We have begged for an Obama of football, a god-given miracle. Indeed, it would be a greater
miracle if an African nation were to win the World Cup than the miracle of a black man becoming the president of the United States. And it would undoubtedly have a greater impact.
A greater impact? Yes, because at the end of the day the election of Barack Obama to the presidency of the United States the first time around in 2008 made us all feel good about ourselves.
It was like “come on, baby, let the good times roll – all night”. And, yes, it lasted all night – for many nights – but it didn’t fundamentally change the lives of the street boys and girls of West Africa who are going along just kicking stones, and minding their own business in their bare feet and their tear-up pants.
Well, here’s the joke: France’s victory in Moscow last Sunday in the final of the 2018 World Cup begged the question of whether it was France wot won it, or whether it was really Africa wot won it.
And with good reason. When you look down the list of players in the French team, it was hard to find one – apart from goalie Hugo Lloris and midfielder Griezmann – who isn’t from Africa.
Check this list of ‘French’ players out: Presnel Kimpembe, Congo; Samuel Umtiti, Cameroon; Paul Pogba, Guinea; Ousmane Dembele, Senegal/ Mali; Corentin Tolisso, Togo; N’Golo Kante, Mali; Blaise Matuidi, DR Congo/Angola; Steve Mandanda, DR Congo.
And, of course, the star of the French team is 19-year-old wonderkid Kylian Mbappe, who is half Nigerian and half Cameroonian. So, if you don’t mind I’ll claim him as one of ours and conclude it wasn’t just an African team that won the World Cup but, arguably, it was a Nigerian kid wot won it.
Okay, let’s not get carried away here. The record shows it was France wot won it. And that is how history will remember it. Just as history records Brazil to be a south American team, even though not one of its footballers over the many times that they have won the World Cup could not say that they are not of African blood.

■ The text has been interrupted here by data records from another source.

//! Laws on the rows of names.
ghost use Rattle.std.specs.Prelude.{◌≡◌, ◌≢◌, ◌∷◌, ◌<◌, ◌^◌, ℕ, List, None, if◌then◌else◌};
ghost use Rattle.std.specs.FinMap as fin;
ghost use Rattle.apex_base.specs.declared.numbers.Scale.{Scale};
ghost use Rattle.apex_base.specs.declared.numbers.SessionId.{SessionId};
ghost use Rattle.apex_base.specs.Held.{kept, is_target};
ghost use Rattle.apex_base.specs.Keys.{RowMap, file_front};
ghost use Rattle.apex_base.specs.Settled.{active_of, backup_of};
ghost use Rattle.apex_world.specs.Opened.{opened_sessions, path_in};
ghost use Rattle.row_check.specs.BadRows.{opened_rows, AgreesAt, DiffersAt};
ghost use Rattle.row_check.specs.RightRows.{has_own};

/// The rows of names are right if and only if they are what the sessions give.
pub fn names_have_what_sessions_give()
    ensures active { (m : RowMap) (scale : Scale)
        → ((name : List ℕ) → fin.get m (3 ∷ name) ≡ active_of (opened_sessions m) name) → AgreesAt m scale 3 }
    ensures not_active { (m : RowMap) (scale : Scale) (name : List ℕ)
        → fin.get m (3 ∷ name) ≢ active_of (opened_sessions m) name → DiffersAt m scale 3 }
    ensures backup { (m : RowMap) (scale : Scale)
        → ((name : List ℕ) → fin.get m (4 ∷ name) ≡ backup_of (opened_sessions m) name) → AgreesAt m scale 4 }
    ensures not_backup { (m : RowMap) (scale : Scale) (name : List ℕ)
        → fin.get m (4 ∷ name) ≢ backup_of (opened_sessions m) name → DiffersAt m scale 4 }
{}

/// The rows of files are those of kept modules, where the session of a module has it as the target of a part.
pub fn files_are_those_of_kept_modules()
    ensures { (m : RowMap) (scale : Scale) (id : SessionId) (part : ℕ) (path : List ℕ) → id.0 < 2 ^ 32
        → fin.get (opened_rows m scale) (file_front id part path)
        ≡ if is_target (kept (opened_sessions m)) id part then
        (if has_own (opened_sessions m) id part then path_in m id part path else None) else None }
{}
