//! Rows opened as a whole: the world that they open to, or the least tag at which they aren't the rows of that world.
ghost use Rattle.std.specs.Prelude.{◌≡◌, [], None, IfOk, OnOk, IfErr};
ghost use Rattle.std.specs.FinMap as fin;
ghost use Rattle.apex_base.specs.declared.numbers.Scale.{Scale};
ghost use Rattle.apex_world.specs.Opened.{opened_boots, opened_sessions};
ghost use Rattle.row_check.specs.BadRows.{opened_rows};
ghost use Rattle.row_check.specs.WrongTags.{AreBad};

use crate::boots::{Boots, opened_boots};
use crate::sessions::opened_sessions;
use crate::tags::wrong_tag;
use apex_base::{Record, Why};
use row_map::Rows;
use std::alloc::Global;

/// What rows open to.
#[derive(Drop)]
pub struct OpenedRows {
    /// The sessions, ascending by id.
    pub sessions: Vec<Record>,
    /// How many boots there were, and the last moments.
    pub boots: Boots,
}

/// The rows of this tag aren't those of the world that all rows open to, and those of each lesser tag are.
#[derive(Clone, Copy, Drop, Debug, PartialEq, Eq)]
pub struct BadRows {
    pub tag: u8,
}

/// Opens rows, if they are the rows of the world that they open to.
pub fn open_rows(alloc: Global, rows: &Rows) -> Result<OpenedRows, Why<BadRows>>
    // No row has the empty key, as none in a batch has.
    requires keyed { fin.get rows.now [] ≡ None }
    ensures sessions { IfOk result (λ opened. opened.sessions.items ≡ opened_sessions rows.now) }
    ensures boots { IfOk result (λ opened. (opened.boots.count, opened.boots.moments.items) ≡ opened_boots rows.now) }
    ensures right { OnOk result ((scale : Scale) → opened_rows rows.now scale ≡ rows.now) }
    ensures bad { IfErr result (AreBad rows.now) }
{
    let opened = OpenedRows {
        sessions: opened_sessions(alloc, rows)?,
        boots: opened_boots(alloc, rows)?,
    };
    match wrong_tag(alloc, rows, &opened)? {
        Some(tag) => Err(Why::Fault(BadRows { tag })),
        None => Ok(opened),
    }
}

There are those such as Pele, who have been kissed by the African sun in complexion, and those who have African blood coursing through their veins like the great Ronaldo (the original) does.
Arguably, then, Africa has won the World Cup several times – posing as Brazil. So in a way Pele, with that twinkle in his eye, may have been right all along and no doubt knew that he was when he teased his prediction for the new millennium all those years ago. Even so, nobody could have prepared the world for the French Africans’ glory.
Because, unlike the Brazilians, most of these French players, if not all of them, self-declare themselves as Africans. That is the fascinating thing about French colonialism.
It has never regarded the French Caribbean islands of Guadeloupe and Martinique as colonies but as ‘departments’ of France. Or, if you like, counties of France. Indeed, if you watch the evening news in the French Antilles, as these Caribbean islands are known, it is exactly the same news as you watch if you’re in Paris.
So when the weatherman says it will be snowing tomorrow, Guadeloupians and people from Martinique have to wonder at this ‘neige’ – the cold white stuff. But while people in the Antilles were rejoicing on Sunday like football was coming home to their part of the Caribbean, in French Africa there were not many people who felt like France winning was some- how reflecting on them.
They are not French and most of their children living in, and even some who were born in France do not see themselves as French. Some of their country-men may play for France in a marriage of convenience, but because of the way they have been treated in France from birth, they invariably see themselves as being other than French.
That used to be the way my generation saw ourselves in Britain when we were treated like scum by all and sundry, including the government.
If it’s any measure we can rely on, we must be being treated better nowadays because our younger generation, unlike their French counterparts, continually declare for Britain and England more times than not when it comes to football.